Michael Stonebraker is adjunct professor at the Massachusetts Institute of Technology Computer Science and Artificial Intelligence Laboratory (MIT CSAIL) where he is also co-founder and co-director of the Intel Science and Technology Center for Big Data. Prior to MIT, Stonebraker was professor of computer science at the University of California at Berkeley for 29 years. A graduate of Princeton University, Stonebraker earned his master’s degree and his Ph.D. from the University of Michigan.

Stonebraker received the Software System award with Gerald Held and Eugene Wong for the development of Ingres (IBM’s System R was also recognized). He was the recipient of the inaugural SIGMOD Edgar F. Codd Innovations Award, and received the IEEE John von Neumann Medal.
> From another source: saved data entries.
//! Tables of likely subtags.
ghost use Rattle.icu_tables.specs.inner.Reads.{language_seen, script_region_seen, extended_seen};

use crate::TableError;
use crate::from_json::objects::{MemberReader, only_members, required};
use crate::from_json::values::FromValue;
use icu_provider::{LikelySubtagsExtended, LikelySubtagsForLanguage, LikelySubtagsForScriptRegion};
use serde_json::Value;
use std::alloc::Global;

impl FromValue for LikelySubtagsForLanguage {
    ghost use Rattle.icu_provider.specs.declared.likely.language.LikelySubtagsForLanguage.{LikelySubtagsForLanguage};
    ghost use Rattle.icu_tables.specs.File.{likely_language};

    ghost Seen = { LikelySubtagsForLanguage };

    ghost seen = { language_seen };

    ghost shape = { likely_language };

    fn from_value(alloc: Global, value: &Value) -> Result<Self, TableError> {
        only_members(
            value,
            &["und", "language", "language_script", "language_region"],
        )?;
        let und = required(alloc, value, "und")?;
        let mut table = LikelySubtagsForLanguage::new(alloc, und);
        MemberReader::of(alloc, value)
            .fill("language", &mut table.language)
            .fill("language_script", &mut table.language_script)
            .fill("language_region", &mut table.language_region)
            .finish(table)
    }
}

impl FromValue for LikelySubtagsForScriptRegion {
    ghost use Rattle.icu_provider.specs.declared.likely.script_region.LikelySubtagsForScriptRegion.{LikelySubtagsForScriptRegion};
    ghost use Rattle.icu_tables.specs.File.{likely_script_region};

    ghost Seen = { LikelySubtagsForScriptRegion };

    ghost seen = { script_region_seen };

    ghost shape = { likely_script_region };

    fn from_value(alloc: Global, value: &Value) -> Result<Self, TableError> {
        only_members(value, &["script_region", "script", "region"])?;
        let mut table = LikelySubtagsForScriptRegion::new(alloc);
        MemberReader::of(alloc, value)
            .fill("script_region", &mut table.script_region)
            .fill("script", &mut table.script)
            .fill("region", &mut table.region)
            .finish(table)
    }
}

impl FromValue for LikelySubtagsExtended {
    ghost use Rattle.icu_provider.specs.declared.likely.extended.LikelySubtagsExtended.{LikelySubtagsExtended};
    ghost use Rattle.icu_tables.specs.File.{likely_extended};

    ghost Seen = { LikelySubtagsExtended };

    ghost seen = { extended_seen };

    ghost shape = { likely_extended };

    fn from_value(alloc: Global, value: &Value) -> Result<Self, TableError> {
        only_members(
            value,
            &[
                "language",
                "language_script",
                "language_region",
                "script_region",
                "script",
                "region",
            ],
        )?;
        let mut table = LikelySubtagsExtended::new(alloc);
        MemberReader::of(alloc, value)
            .fill("language", &mut table.language)
            .fill("language_script", &mut table.language_script)
            .fill("language_region", &mut table.language_region)
            .fill("script_region", &mut table.script_region)
            .fill("script", &mut table.script)
            .fill("region", &mut table.region)
            .finish(table)
    }
}
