//! Rows by marker, locale and key.
ghost use Rattle.std.specs.Prelude.{◌≡◌};
ghost use Rattle.icu_tables.specs.NamedRows.{request_in};
ghost use Rattle.icu_tables.specs.Names.{named_in};
ghost use Rattle.icu_tables.specs.inner.Reads.{names_of};

use crate::TableError;
use crate::from_json::locales::locale_named;
use crate::from_json::members::{AddsRows, NamesKeys, RowByRow, add_members};
use crate::from_json::values::FromValue;
use icu_provider::DataLocale;
use serde_json::Value;
use std::alloc::Global;
use std::cmp::Ord;

// A marker that a member is named by.
pub(crate) trait Marker: Copy + Ord + Drop {
    ghost use Rattle.std.specs.Prelude.{◌≡◌, List, ℕ};
    ghost use Rattle.icu_tables.specs.Names.{named_in};

    // The markers by their names.
    ghost markers: { List (List ℕ × Self) };

    fn marker_named(name: &str) -> Option<Self>
        ensures { result ≡ named_in markers name.now };
}

// What a name stands for in a table of names.
pub(crate) fn named_among<M: Copy>(table: &[(&str, M)], name: &str) -> Option<M>
    ensures { result ≡ named_in (names_of table.now) name.now }
{
    for (known, marker) in table {
        if *known == name {
            return Some(*marker);
        }
    }
    None
}

// What the name of a row's member is read as below a marker, if it is a key.
pub(crate) trait MarkedKey<M>: Ord + Drop {
    ghost use Rattle.std.specs.Prelude.{◌≡◌, List, ℕ, Option};

    ghost marked_key: { M → List ℕ → Option Self };

    fn key_named(marker: M, name: &str) -> Option<Self>
        ensures { result ≡ marked_key marker name.now };
}

// Rows by marker.
#[derive(Clone, Copy)]
pub(crate) struct Marked;

impl<M: Marker, K: MarkedKey<M>, V: FromValue> AddsRows<(M, DataLocale, K), V> for Marked {
    ghost use Rattle.icu_tables.specs.NamedRows.{marked_rows};

    ghost Seen = { V.Seen };

    ghost seen = { V.seen };

    ghost says = { λ _. marked_rows M.markers K.marked_key V.shape };

    fn add(
        &self,
        alloc: Global,
        name: &str,
        value: &Value,
        rows: &mut Vec<((M, DataLocale, K), V)>,
    ) -> Result<(), TableError> {
        match M::marker_named(name) {
            Some(marker) => add_members(alloc, value, &RowsOf { marker }, rows),
            None => Err(TableError::Shape),
        }
    }
}

// The rows of a marker, by locale.
#[derive(Clone, Copy)]
pub(crate) struct RowsOf<M> {
    pub(crate) marker: M,
}

impl<M: Marker, K: MarkedKey<M>, V: FromValue> AddsRows<(M, DataLocale, K), V> for RowsOf<M> {
    ghost use Rattle.icu_tables.specs.NamedRows.{rows_of_marker};

    ghost Seen = { V.Seen };

    ghost seen = { V.seen };

    ghost says = { λ of. rows_of_marker K.marked_key V.shape of.marker };

    fn add(
        &self,
        alloc: Global,
        name: &str,
        value: &Value,
        rows: &mut Vec<((M, DataLocale, K), V)>,
    ) -> Result<(), TableError> {
        let how = RowByRow {
            keys: KeysIn {
                marker: self.marker,
                locale: locale_named(name),
            },
        };
        add_members(alloc, value, &how, rows)
    }
}

// The keys of a marker and a locale, if it is one.
#[derive(Clone, Copy)]
pub(crate) struct KeysIn<M> {
    pub(crate) marker: M,
    pub(crate) locale: Option<DataLocale>,
}

impl<M: Marker, K: MarkedKey<M>> NamesKeys<(M, DataLocale, K)> for KeysIn<M> {
    ghost key = { λ of name. request_in of.marker of.locale (K.marked_key of.marker name) };

    fn key_named(&self, name: &str) -> Option<(M, DataLocale, K)> {
        let locale = self.locale?;
        Some((self.marker, locale, K::key_named(self.marker, name)?))
    }
}
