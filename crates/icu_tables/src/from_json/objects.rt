//! Objects of fixed members.
ghost use Rattle.std.specs.Prelude.{◌≡◌, Some, None, Ok};
ghost use Rattle.serde_json.specs.Find.{get};
ghost use Rattle.serde_json.specs.View.{view};
ghost use Rattle.icu_tables.specs.Fields.{said_or, is_name_listed, has_only, present};
ghost use Rattle.icu_tables.specs.inner.Members.{GoesOn, or_refusal};
ghost use Rattle.icu_tables.specs.inner.Reads.{Accepts, Fills, Reads, texts_of};

use crate::TableError;
use crate::from_json::values::FromValue;
use serde_json::Value;
use std::alloc::Global;

// Nothing, where the value is an object with no member but those of these names.
pub(crate) fn only_members(value: &Value, names: &[&str]) -> Result<(), TableError>
    ensures { Accepts result (has_only (texts_of names.now) (view value.now)) }
{
    let Some(members) = value.as_object() else {
        return Err(TableError::Shape);
    };
    for name in members.keys() {
        if !is_known(names, name.as_str()) {
            return Err(TableError::Shape);
        }
    }
    Ok(())
}

// Whether the name is one of these.
fn is_known(names: &[&str], name: &str) -> bool
    ensures { result ≡ is_name_listed (texts_of names.now) name.now }
{
    names.contains(&name)
}

// What a member says that has to be there.
pub(crate) fn required<T: FromValue>(
    alloc: Global,
    object: &Value,
    name: &str,
) -> Result<T, TableError>
    ensures { Reads T.seen result (said_or None T.shape (get name.now (view object.now))) }
{
    match object.get(name) {
        Some(value) => T::from_value(alloc, value),
        None => Err(TableError::Shape),
    }
}

// Puts what a member says in the place of what stands for it where it is absent.
fn fill<T: FromValue>(
    alloc: Global,
    object: &Value,
    name: &str,
    target: &mut T,
) -> Result<(), TableError>
    ensures { let found = get name.now (view object.now) in
        Fills result (T.seen target.new) (said_or (Some (T.seen target.old)) T.shape found) }
{
    if let Some(value) = object.get(name) {
        *target = T::from_value(alloc, value)?;
    }
    Ok(())
}

// Members of an object, read one after another. After a refusal no more is read.
#[derive(Drop)]
pub(crate) struct MemberReader<'v> {
    pub(crate) alloc: Global,
    pub(crate) object: &'v Value,
    pub(crate) outcome: Result<(), TableError>,
}

impl<'v> MemberReader<'v> {
    // Nothing was read yet.
    pub(crate) fn of(alloc: Global, object: &'v Value) -> MemberReader<'v>
        ensures object { result.object.now ≡ object.now }
        ensures outcome { result.outcome ≡ Ok tt }
    {
        MemberReader {
            alloc,
            object,
            outcome: Ok(()),
        }
    }

    // Fills a place with what the next member says.
    pub(crate) fn fill<T: FromValue>(mut self, name: &str, target: &mut T) -> MemberReader<'v>
        ensures { GoesOn self.entry result (T.seen target.new)
            (λ object. said_or (Some (T.seen target.old)) T.shape (get name.now object)) }
    {
        if self.outcome.is_ok() {
            self.outcome = fill(self.alloc, self.object, name, target);
        }
        self
    }

    // The table that was filled, or the refusal.
    pub(crate) fn finish<T: Drop>(self, table: T) -> Result<T, TableError>
        ensures { result ≡ or_refusal self.entry.outcome table }
    {
        match self.outcome {
            Ok(()) => Ok(table),
            Err(refusal) => Err(refusal),
        }
    }
}

// A member that may be left out.
impl<T: FromValue> FromValue for Option<T> {
    ghost use Rattle.std.specs.Prelude.{Option, option_map};

    ghost Seen = { Option T.Seen };

    ghost seen = { λ o. option_map T.seen o };

    ghost shape = { present T.shape };

    fn from_value(alloc: Global, value: &Value) -> Result<Self, TableError> {
        Ok(Some(T::from_value(alloc, value)?))
    }
}
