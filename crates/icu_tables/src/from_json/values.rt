//! What a JSON value is read as: the trait, texts of any content, and maps, objects whose members are rows.
ghost use Rattle.std.specs.Prelude.{IfOk};
ghost use Rattle.serde_json.specs.View.{view};
ghost use Rattle.icu_provider.specs.SortedMaps.{IsSortedMap};
ghost use Rattle.icu_tables.specs.Rows.{seen_rows};
ghost use Rattle.icu_tables.specs.Shape.{map_of, text};
ghost use Rattle.icu_tables.specs.inner.Reads.{Reads};

use crate::TableError;
use crate::from_json::keys::RowKey;
use icu_provider::{Marked, NotedMap, SortedMap};
use serde_json::Value;
use std::alloc::Global;

// A type that JSON values of one shape are read as.
pub(crate) trait FromValue: Drop {
    ghost use Rattle.serde_json.specs.View.{view};
    ghost use Rattle.icu_tables.specs.inner.Reads.{Reads};
    ghost use Rattle.icu_tables.specs.Shape.{Shape};

    // What a contract sees of what was read.
    ghost Seen: { Type 0 };

    ghost seen: { Self → Self.Seen };

    // What a JSON value of the shape says.
    ghost shape: { Shape Self.Seen };

    fn from_value(alloc: Global, value: &Value) -> Result<Self, TableError>
        ensures { Reads Self.seen result (Self.shape (view value.now)) };
}

impl FromValue for String {
    ghost use Rattle.std.specs.Prelude.{List, ℕ, string_bytes};

    ghost Seen = { List ℕ };

    ghost seen = { string_bytes };

    ghost shape = { text };

    fn from_value(alloc: Global, value: &Value) -> Result<Self, TableError> {
        match value.as_str() {
            Some(text) => Ok(String::from_str(alloc, text)?),
            None => Err(TableError::Shape),
        }
    }
}

impl<K: RowKey, V: FromValue> FromValue for SortedMap<K, V> {
    ghost use Rattle.std.specs.Prelude.{List};
    ghost use Rattle.icu_tables.specs.Rows.{seen_rows};

    ghost Seen = { List (K × V.Seen) };

    ghost seen = { λ rows. seen_rows V.seen rows };

    ghost shape = { map_of K.key V.shape };

    fn from_value(alloc: Global, value: &Value) -> Result<Self, TableError> {
        Ok(SortedMap::from_sorted(rows_of(alloc, value)?))
    }
}

impl<K: RowKey + Marked, V: FromValue> FromValue for NotedMap<K, V> {
    ghost use Rattle.std.specs.Prelude.{List};
    ghost use Rattle.icu_tables.specs.Rows.{seen_rows};

    ghost Seen = { List (K × V.Seen) };

    ghost seen = { λ rows. seen_rows V.seen rows };

    ghost shape = { map_of K.key V.shape };

    fn from_value(alloc: Global, value: &Value) -> Result<Self, TableError> {
        Ok(NotedMap::try_from_sorted(alloc, rows_of(alloc, value)?)?)
    }
}

// The rows of an object whose members are rows. The names of its members rise, and so do the keys.
fn rows_of<K: RowKey, V: FromValue>(alloc: Global, value: &Value) -> Result<Vec<(K, V)>, TableError>
    ensures read { Reads (λ rows. seen_rows V.seen rows.items) result
        (map_of K.key V.shape (view value.now)) }
    ensures sorted { IfOk result (λ rows. IsSortedMap K.cmp rows.items) }
{
    let Some(members) = value.as_object() else {
        return Err(TableError::Shape);
    };
    let mut rows = Vec::new(alloc);
    for (name, member) in members.iter() {
        let value = V::from_value(alloc, member)?;
        if let Some(key) = K::from_name(name.as_str()) {
            rows.push((key, value))?;
        }
    }
    Ok(rows)
}
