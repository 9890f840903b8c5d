//! The shared node at a port of this machine, as a clone meets it: what a client does over a socket.
//!
//! A connection carries messages one after the other: the client sends one, and the server answers with one. Nothing is
//! claimed of sockets and folders; what a message does at a clone, the crates below state.
#![tactic(auto)]

mod peer;
mod remote_fault;

pub use peer::Server;
pub use remote_fault::RemoteFault;
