impl<F: Files> Shared<F> {
    /// The shared node that the files hold, with no push open: what was left of one is taken away. In a new one HEAD names
    /// the branch `main`. Where the files are none of a node's (33 and 34: HEAD, 62: the index), or a fault comes, they are
    /// handed back, and can be opened as before.
    pub fn open(alloc: Global, mut files: F) -> Result<Shared<F>, (F, NodeFault)>
        ensures up { IfOk result (λ node. node.is_up ≡ true) }
        ensures fresh { IfOk result IsFresh }
        ensures opens { F.honest → OpenableAs (F.content files) (λ r. IfOk result (λ node. HoldsOpened (F.content node.files) node.slots r)) }
        ensures only { F.honest → OpenableAs (F.content files) (λ r. IfErr result (λ e. IsTrue (is_node_fault e.1))) }
        ensures refused { F.honest → IfErr result (λ e. BlamesOpen (F.content files) e.1) }
        ensures err { F.honest → OpenableAs (F.content files) (λ r. IfErr result (λ e. IsOpenable (F.content e.0) r)) }
        ensures clean { F.honest → IfOk result (λ node. KeepsClean (F.content files) (F.content node.files)) }
        ensures wear { IfOk result (λ node. Writes F.honest F.content F.failed F.can_fail F.left files node.files ⊥) }
        ensures wear_err { IfErr result (λ e. Writes F.honest F.content F.failed F.can_fail F.left files e.0 (IsNodeDevice e.1)) }
    {
        match open_files(alloc, &mut files) {
            Ok(_) => Ok(Shared {
                files,
                alloc,
                slots: [None, None, None, None, None, None, None, None],
                is_up: true,
                generations: Generations::new(alloc),
                due: Vec::new(alloc),
                known: Known::new(alloc),
            }),
            Err(fault) => Err((files, fault)),
        }
    }

    /// The files, whatever state the node is in.
    pub fn close(self) -> F
        ensures { result ≡ self.files }
    {
        let Shared {
            files,
            alloc: _,
            slots: _,
            is_up: _,
            generations: _,
            due: _,
            known: _,
        } = self;
        files
    }

    /// Whether neither a fault nor a bad file of its own has taken it down since the files were opened.
    pub fn is_up(&self) -> bool
        ensures { result ≡ self.now.is_up }
    {
        self.is_up
    }

    /// Opens the files again, in place: the node is up then, whatever it was before, and no push is open. Where that fails (see
    /// [`open`](Shared::open)) it is down, and can be restarted as before.
    pub fn restart(&mut self) -> Result<(), NodeFault>
        ensures answers { F.honest → AnswersCall F.content Open (RestartedAs result) self.old self.new }
        ensures refused { F.honest → IfErr result (BlamesOpen (F.content self.old.files)) }
        ensures up { self.new.is_up ≡ is_ok result }
        ensures learnt { IsNothing self.new.learnt }
        ensures clean { F.honest → KeepsClean (F.content self.old.files) (F.content self.new.files) }
        ensures wear { Writes F.honest F.content F.failed F.can_fail F.left self.old.files self.new.files (TellsNodeDevice result) }
    {
        self.slots = [None, None, None, None, None, None, None, None];
        self.is_up = false;
        self.generations = Generations::new(self.alloc);
        self.due = Vec::new(self.alloc);
        self.known = Known::new(self.alloc);
        match open_files(self.alloc, &mut self.files) {
            Ok(_) => {
                self.is_up = true;
                Ok(())
            }
            Err(fault) => Err(fault),
        }
    }

    /// Takes the node down, as a fault of its own does: for whoever runs out of memory between two of its calls.
    pub fn take_down(&mut self)
        ensures files { self.new.files ≡ self.old.files }
        ensures slots { self.new.slots ≡ self.old.slots }
        ensures learnt { self.new.learnt ≡ self.old.learnt }
        ensures up { self.new.is_up ≡ false }
    {
        self.is_up = false;
    }

    // The fault, after which the node is down if it takes it down.
    fn fail(&mut self, fault: SharedFault) -> SharedFault
        ensures fault { result ≡ fault }
        ensures files { self.new.files ≡ self.old.files }
        ensures slots { self.new.slots ≡ self.old.slots }
        ensures learnt { self.new.learnt ≡ self.old.learnt }
        ensures up { self.old.is_up ≡ true → self.new.is_up ≡ not (takes_down fault) }
    {
        if fault.takes_down() {
            self.is_up = false;
        }
        fault
    }

    // What came of a message, after which the node is down if that takes it down.
    fn settle(&mut self, accepted: Result<Accepted, SharedFault>) -> Result<Accepted, SharedFault>
        ensures accepted { result ≡ accepted }
        ensures files { self.new.files ≡ self.old.files }
        ensures slots { self.new.slots ≡ self.old.slots }
        ensures learnt { self.new.learnt ≡ self.old.learnt }
        ensures up { self.old.is_up ≡ true → self.new.is_up ≡ up_after result }
    {
        match accepted {
            Ok(accepted) => Ok(accepted),
            Err(fault) => Err(self.fail(fault)),
        }
    }

    // The same of what ended the taking of a message from a reader.
    fn fail_next(&mut self, fault: AcceptFault) -> AcceptFault
        ensures fault { result ≡ fault }
        ensures files { self.new.files ≡ self.old.files }
        ensures slots { self.new.slots ≡ self.old.slots }
        ensures learnt { self.new.learnt ≡ self.old.learnt }
        ensures up { self.old.is_up ≡ true → self.new.is_up ≡ not (accept_takes_down fault) }
    {
        self.is_up = self.is_up && !fault.takes_down();
        fault
    }

    fn settle_next(
        &mut self,
        accepted: Result<Option<Accepted>, AcceptFault>,
    ) -> Result<Option<Accepted>, AcceptFault>
        ensures accepted { result ≡ accepted }
        ensures files { self.new.files ≡ self.old.files }
        ensures slots { self.new.slots ≡ self.old.slots }
        ensures learnt { self.new.learnt ≡ self.old.learnt }
        ensures up { self.old.is_up ≡ true → self.new.is_up ≡ accept_up_after result }
    {
        match accepted {
            Ok(found) => Ok(found),
            Err(fault) => Err(self.fail_next(fault)),
        }
    }

    /// The next step of the push in this slot: the check of all its commands, the storing of what it carries, the update of
    /// one ref, or of all the refs of an atomic push at once, or its report, after which the slot is free. 111 where no push is
    /// open there.
    pub fn step(&mut self, slot: u8) -> Result<Stepped, SharedFault>
        ensures answers { F.honest → AnswersCall F.content (StepOf slot) (SteppedAs result) self.old self.new }
        ensures steps { F.honest → HoldsIn F.content self.old slot → IfOk result (StepsIn F.content self.old self.new slot) }
        ensures bad_file { F.honest → IfErr result (λ e. (e ≡ SharedFault.Node NodeFault.Down) ⊎ IsRefusedIn (F.content self.old.files) (slot_of self.old.slots slot) e) }
        ensures settles { SettlesStep (result ≡ Err (SharedFault.Node NodeFault.Down)) (up_after result) self.old self.new }
        ensures learns { F.honest → self.new.is_up ≡ true → LearnsAtStep F.content self.old self.new slot }
        ensures early { F.honest → self.old.is_up ≡ true → HoldsIn F.content self.old slot → OnErr result (EndsIn F.content self.old self.new slot) }
        ensures clean { F.honest → StaysClean (F.content self.old.files) (F.content self.new.files) }
        ensures packed { F.honest → LeavesPackedIn (F.content self.old.files) (F.content self.new.files) (slot_of self.old.slots slot) }
        ensures wear { Writes F.honest F.content F.failed F.can_fail F.left self.old.files self.new.files (TellsDevice result) }
        ensures looks { F.honest → HoldsIn F.content self.old slot → MayStep F.content self.old slot ⊎ Wears F.failed F.can_fail F.left self.old.files self.new.files (TellsDevice result) }
    {
        if !self.is_up {
            return Err(SharedFault::Node(NodeFault::Down));
        }
        match stepping::step(
            self.alloc,
            &mut self.files,
            &mut self.slots,
            slot,
            &mut self.due,
            &mut self.generations,
        ) {
            Ok(told) => Ok(told),
            Err(fault) => Err(self.fail(fault)),
        }
    }

    /// Takes the message that is all of the bytes: a list is answered by the refs, a want by a pack, and a push is opened in the
    /// lowest free slot. Refused are bytes that are no message (80 to 84, or 3), a message that a clone takes (91), a want of
    /// what no ref reaches (90), and a push where eight are open (110); nothing is changed then.
    pub fn accept(&mut self, bytes: &[u8]) -> Result<Accepted, SharedFault>
        ensures answers { F.honest → (m : Sent) → Reads bytes.now m → AnswersCall F.content (Accept m) (AcceptedAs result) self.old self.new }
        ensures unread { F.honest → (n : ℕ) → IsUnread bytes.now n → AnswersCall F.content (Asks (Unread n)) (AcceptedAs result) self.old self.new }
        ensures answered { F.honest → IfOk result (IsAnsweredBytes (F.content self.old.files) (F.content self.new.files) self.old.slots self.new.slots bytes.now) }
        ensures bad_file { F.honest → IfErr result (λ e. (e ≡ SharedFault.Node NodeFault.Down) ⊎ IsRefusedBytes (F.content self.old.files) self.old.slots bytes.now e) }
        ensures settles { SettlesTaken result (result ≡ Err (SharedFault.Node NodeFault.Down)) (up_after result) self.old self.new }
        ensures clean { F.honest → KeepsClean (F.content self.old.files) (F.content self.new.files) }
        ensures outside { F.honest → ChangesFree (F.content self.old.files) (F.content self.new.files) self.old.slots }
        ensures wear { Writes F.honest F.content F.failed F.can_fail F.left self.old.files self.new.files (TellsDevice result) }
        ensures looks { (m : Sent) → Reads bytes.now m → IsToWrite m ⊎ Wears F.failed F.can_fail F.left self.old.files self.new.files (TellsDevice result) }
    {
        if !self.is_up {
            return Err(SharedFault::Node(NodeFault::Down));
        }
        let accepted = accepting::accept(
            self.alloc,
            &mut self.files,
            &mut self.slots,
            &mut self.known,
            bytes,
        );
        self.settle(accepted)
    }

    /// Takes the next message of the reader, and no byte behind it; none where the reader is at its end before the first byte. It is
    /// answered as [`accept`](Shared::accept) answers it, however the reader cuts the bytes. The objects of a push are put into the
    /// quarantine one by one as they come, and its slot is taken once all of it has come: of the message the commands of a push are
    /// held, one line, and one object's body. Each line is asked for in two reads, so that a reader to which a read is dear should be
    /// buffered.
    ///
    /// A message that is refused (90, 91, 110, 112) is read to its end. Bytes that are no message are refused with their first fault
    /// (80 to 84, or 3) as soon as it has come, and a reader that fails with 115. In none of these is anything changed: what was put
    /// into the quarantine is gone again. Want of memory takes the node down, as a device that fails does, and as a file of its own that is
    /// gone or damaged does.
    pub fn accept_from<R: Source>(
        &mut self,
        reader: &mut R,
    ) -> Result<Option<Accepted>, AcceptFault>
        ensures accepts { AcceptsNext F.honest F.content (R.remaining reader.old) (R.remaining reader.new) self.old self.new result }
        ensures known { AnswersFirst F.honest F.content (R.remaining reader.old) (R.remaining reader.new) self.old self.new result }
        ensures none { IfOk result (λ found. IfNone found (self.new ≡ self.old)) }
        ensures lost { KeepsAtLoss R.failed R.can_fail reader.old reader.new F.honest result (KeepsNode F.content self.old self.new) }
        ensures settles { SettlesNext result self.old self.new }
        ensures clean { F.honest → KeepsClean (F.content self.old.files) (F.content self.new.files) }
        ensures outside { F.honest → ChangesFree (F.content self.old.files) (F.content self.new.files) self.old.slots }
        ensures wear { Writes F.honest F.content F.failed F.can_fail F.left self.old.files self.new.files (TellsAcceptDevice result) }
    {
        if !self.is_up {
            return refuse_down(skip_message(self.alloc, reader));
        }
        let accepted = arriving::take_next(
            self.alloc,
            &mut self.files,
            &mut self.slots,
            &mut self.known,
            reader,
        );
        self.settle_next(accepted)
    }

    /// Puts all refs into one file. Nothing else is written, no ref changes and each open push stays, wherever it stops. 33 where
    /// one of their files can't be read, 32 where one of them is a folder of another: then nothing is written. Nor is anything
    /// where no ref has a file of its own.
    pub fn pack_refs(&mut self) -> Result<(), NodeFault>
        ensures answers { F.honest → AnswersCall F.content (Asks PackRefs) (RestartedAs result) self.old self.new }
        ensures packed { F.honest → OnOk result (IsPackedFrom (F.content self.old.files) (F.content self.new.files)) }
        ensures kept { F.honest → PacksOnly (F.content self.old.files) (F.content self.new.files) }
        ensures refused { F.honest → self.old.is_up ≡ true → IfErr result (BlamesPacking (F.content self.old.files)) }
        ensures err { F.honest → IfErr result (λ e. (is_node_fault e ≡ true) ⊎ (F.content self.new.files ≡ F.content self.old.files)) }
        ensures settles { Settles (result ≡ Err NodeFault.Down) (node_up_after result) self.old self.new }
        ensures wear { Writes F.honest F.content F.failed F.can_fail F.left self.old.files self.new.files (TellsNodeDevice result) }
        ensures looks { F.honest → HasLoose (F.content self.old.files) ⊎ Wears F.failed F.can_fail F.left self.old.files self.new.files (TellsNodeDevice result) }
    {
        if !self.is_up {
            return Err(NodeFault::Down);
        }
        match vc_refs::pack(&mut self.files, self.alloc) {
            Ok(()) => Ok(()),
            Err(fault) => {
                let fault = NodeFault::from(fault);
                self.is_up = !fault.takes_down();
                Err(fault)
            }
        }
    }

    /// The object that an expression names at the node: 51 to 56 where it names none.
    pub fn resolve(&mut self, expr: &Expr<'_>) -> Result<ObjectId, SharedFault>
        ensures answers { F.honest → (text : List ℕ) → IsExpr text (expr_view expr.now) → AnswersCall F.content (Asks (Resolve text)) (FoundAs fault_answer result) self.old self.new }
        ensures value { F.honest → IfOk result (λ id. DenotesIn (F.content self.old.files) (expr_view expr.now) (Ok id)) }
        ensures bad_file { F.honest → IfErr result (λ e. (e ≡ SharedFault.Node NodeFault.Down) ⊎ IsRefusedValue (F.content self.old.files) (expr_view expr.now) e) }
        ensures settles { Settles (result ≡ Err (SharedFault.Node NodeFault.Down)) (up_after result) self.old self.new }
        ensures same { F.content self.new.files ≡ F.content self.old.files }
        ensures wear { Wears F.failed F.can_fail F.left self.old.files self.new.files (TellsDevice result) }
    {
        if !self.is_up {
            return Err(SharedFault::Node(NodeFault::Down));
        }
        match vc_repository::resolve(self.alloc, &mut self.files, expr) {
            Ok(id) => Ok(id),
            Err(fault) => {
                let fault = SharedFault::from(fault);
                Err(self.fail(fault))
            }
        }
    }
}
Stonebraker is an ACM Fellow and a member of the U.S. National Academy of Engineering.

Throughout his career, Stonebraker has proven the practical application of his research, founding several successful companies to commercialize his work, including Ingres (acquired by ASK and then Computer Associates), Illustra (acquired by Informix), Cohera (acquired by PeopleSoft), Streambase (acquired by Tibco), Vertica Systems (acquired by HP), VoltDB, Paradigm4 and Tamr.

ACM will present the 2014 A.M. Turing Award at its annual Awards Banquet on June 20, 2015, in San Francisco, CA.

About the ACM A.M. Turing Award

The A.M. Turing Award http://amturing.acm.org/ was named for Alan M. Turing, the British mathematician who articulated the mathematical foundation and limits of computing, and who was a key contributor to the Allied cryptanalysis of the German Enigma cipher and the German “Tunny” encoding machine in World War II. Since its inception in 1966, the Turing Award has honored the computer scientists and engineers who created the systems and underlying theoretical foundations that have propelled the information technology industry.

About ACM

ACM, the Association for Computing Machinery www.acm.org, is the world’s largest educational and scientific computing society, uniting computing educators, researchers and professionals to inspire dialogue, share resources and address the field’s challenges. ACM strengthens the computing profession’s collective voice through strong leadership, promotion of the highest standards, and recognition of technical excellence.  ACM supports the professional growth of its members by providing opportunities for life-long learning, career development, and professional networking.